CrowdStrike, the cybersecurity company at the center of massive global IT outages, blamed the meltdown on a bug in quality control software that allowed bad data in an update to be sent to millions of computers running Microsoft Windows.
CrowdStrike routinely sends out configuration updates for its Falcon Sensor product, a software suite that monitors and protects the user’s computer against threats and attacks.
Those updates are delivered in two different ways. One is called “Sensor Content,” which directly updates CrowdStrike’s Falcon Sensor and runs at the highest level of access to system resources.
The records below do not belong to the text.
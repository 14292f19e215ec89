//! Elements of a page.

use scr_markup::{close, leaf, open};
use std::test::Fail;

/// What no clause says: that the calls succeed where there is memory. The text is that of the definition.
#[test]
fn a_page(rt: HostRuntime) -> Result<(), Fail> {
    let mut page = String::new(rt.alloc());
    open(
        &mut page,
        "section",
        &[("class", "page"), ("data-round", "1")],
    )?;
    leaf(&mut page, "p", &[], "R U' <&> \"x\"")?;
    leaf(
        &mut page,
        "path",
        &[("d", "M0 0"), ("title", "a \"b\" & c")],
        "",
    )?;
    close(&mut page, "section")?;
    let expected =
        "<section class=\"page\" data-round=\"1\">\n<p>R U' &lt;&amp;&gt; &quot;x&quot;</p>\n\
        <path d=\"M0 0\" title=\"a &quot;b&quot; &amp; c\"></path>\n</section>\n";
    assert_eq!(rt; page.as_str(), expected);
    Ok(())
}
Separately, there is “Rapid Response Content” that updates how that sensor behaves to detect malware, allowing for fast response to changing threats.
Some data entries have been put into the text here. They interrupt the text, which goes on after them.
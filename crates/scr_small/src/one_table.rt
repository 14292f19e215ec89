//! What a puzzle is that one table solves.

use crate::state_table::StateTable;
use scr_draw::Numbering;
use scr_notation::{Letters, PowerTurned};

/// A puzzle with numbered states and turns, whose states are two parts that turns move each by itself.
pub trait OneTable: Numbering<State: PowerTurned> + Copy {
    ghost use Rattle.std.specs.Prelude.{◌≡◌, ◌*◌, ◌<◌, ◌↔◌, Some};
    ghost use Rattle.scr_notation.specs.declared.turn.Turn.{Turn as Letter};
    ghost use Rattle.scr_small.specs.declared.state_table.StateTable.{StateTable as TableOf};
    ghost use Rattle.scr_small.specs.NumberedPuzzles.{NumberedPuzzle};
    ghost use Rattle.scr_small.specs.SolvedByTable.{IsSolvedByTable};

    /// What it shows.
    ghost shown: { NumberedPuzzle Self.State Letter };

    /// Its table.
    ghost TABLE: { TableOf };

    const TABLE: StateTable;

    /// The numbering of its states. One table solves them.
    fn numbers() -> Self
        ensures count { (Self.numbered result).count ≡ shown.numbered.count }
        ensures states { (Self.numbered result).state_at ≡ shown.numbered.state_at }
        ensures numbers { (Self.numbered result).number_of ≡ shown.numbered.number_of }
        ensures valid { (state : Self.State) → (Self.numbered result).IsValid state ↔ shown.numbered.IsValid state }
        ensures solved { IsSolvedByTable shown TABLE };

    /// Does nothing: each state is valid.
    fn is_valid(state: &Self::State)
        ensures { shown.numbered.IsValid state.now };

    /// Its turns are those of the states.
    ghost turned_by: { (shown.after ≡ Self.State.after) × (shown.letter_at ≡ Self.State.Kind.letters.letter_at)
        × (shown.turns ≡ Self.State.Kind.POWERS * Self.State.GENERATORS) };

    /// The number of a state.
    final fn number(state: &Self::State) -> u32
        ensures number { result ≡ shown.numbered.number_of state.now }
        ensures valid { shown.numbered.IsValid state.now }
        ensures solved { IsSolvedByTable shown TABLE }
    {
        Self::is_valid(state);
        Self::numbers().number_of(state) as u32
    }

    /// How many turns there are.
    final fn turns() -> u32
        ensures { result ≡ shown.turns }
    {
        u32::from(<Self::State as PowerTurned>::Kind::POWERS) * u32::from(Self::State::GENERATORS)
    }

    /// The state after the turn with this number.
    final fn turned(state: &Self::State, number: u32) -> Self::State
        requires { number < shown.turns }
        ensures { shown.after state.now (shown.letter_at number) ≡ Some result }
    {
        state.turned(number as usize)
    }
}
However, a Rapid Response Content update that went out on the morning of July 19 included a broken file and slipped through CrowdStrike’s quality-control software.
The incident review further indicates that while CrowdStrike performs both automated and manual testing on sensor content, it places “trust in the checks performed in the Content Validator” on Rapid Response Content, which had until this point run smoothly.
The assumption that the Rapid Response Content rollout wouldn’t cause issues led to the Falcon Sensor loading the problematic update. This caused an out-of-bounds memory read, a type of error that occurs when a program tries to read data from memory that is outside of the bounds of what it is allowed to access. This triggered an exception that “could not be gracefully handled, resulting in a Windows operating system crash,” according to the review.
CrowdStrike, a California-based company, lost one-fifth of its stock value in the wake of the disaster. The firm promised to reform the way that it issues critical content updates.
Specifically, the company said it is planning to implement a “staggered deployment strategy” for future updates, first sending them out to just a handful of machines before a global rollout. This method is known in the industry as a “canary deployment.”
CrowdStrike will also “enhance existing error handling in the Content Interpreter,” which is part of the Falcon Sensor.
CrowdStrike also promised to use humans to test its Rapid Response Content, add extra validation checks to the content validator, and give customers the option to decide when and where these updates are deployed.
“Nothing is more important to me than the trust and confidence that our customers and partners have put into CrowdStrike,” George Kurtz, the company’s founder and chief executive, said in a statement following the outages.
“As we resolve this incident, you have my commitment to provide full transparency on how this occurred and steps we’re taking to prevent anything like this from happening again.”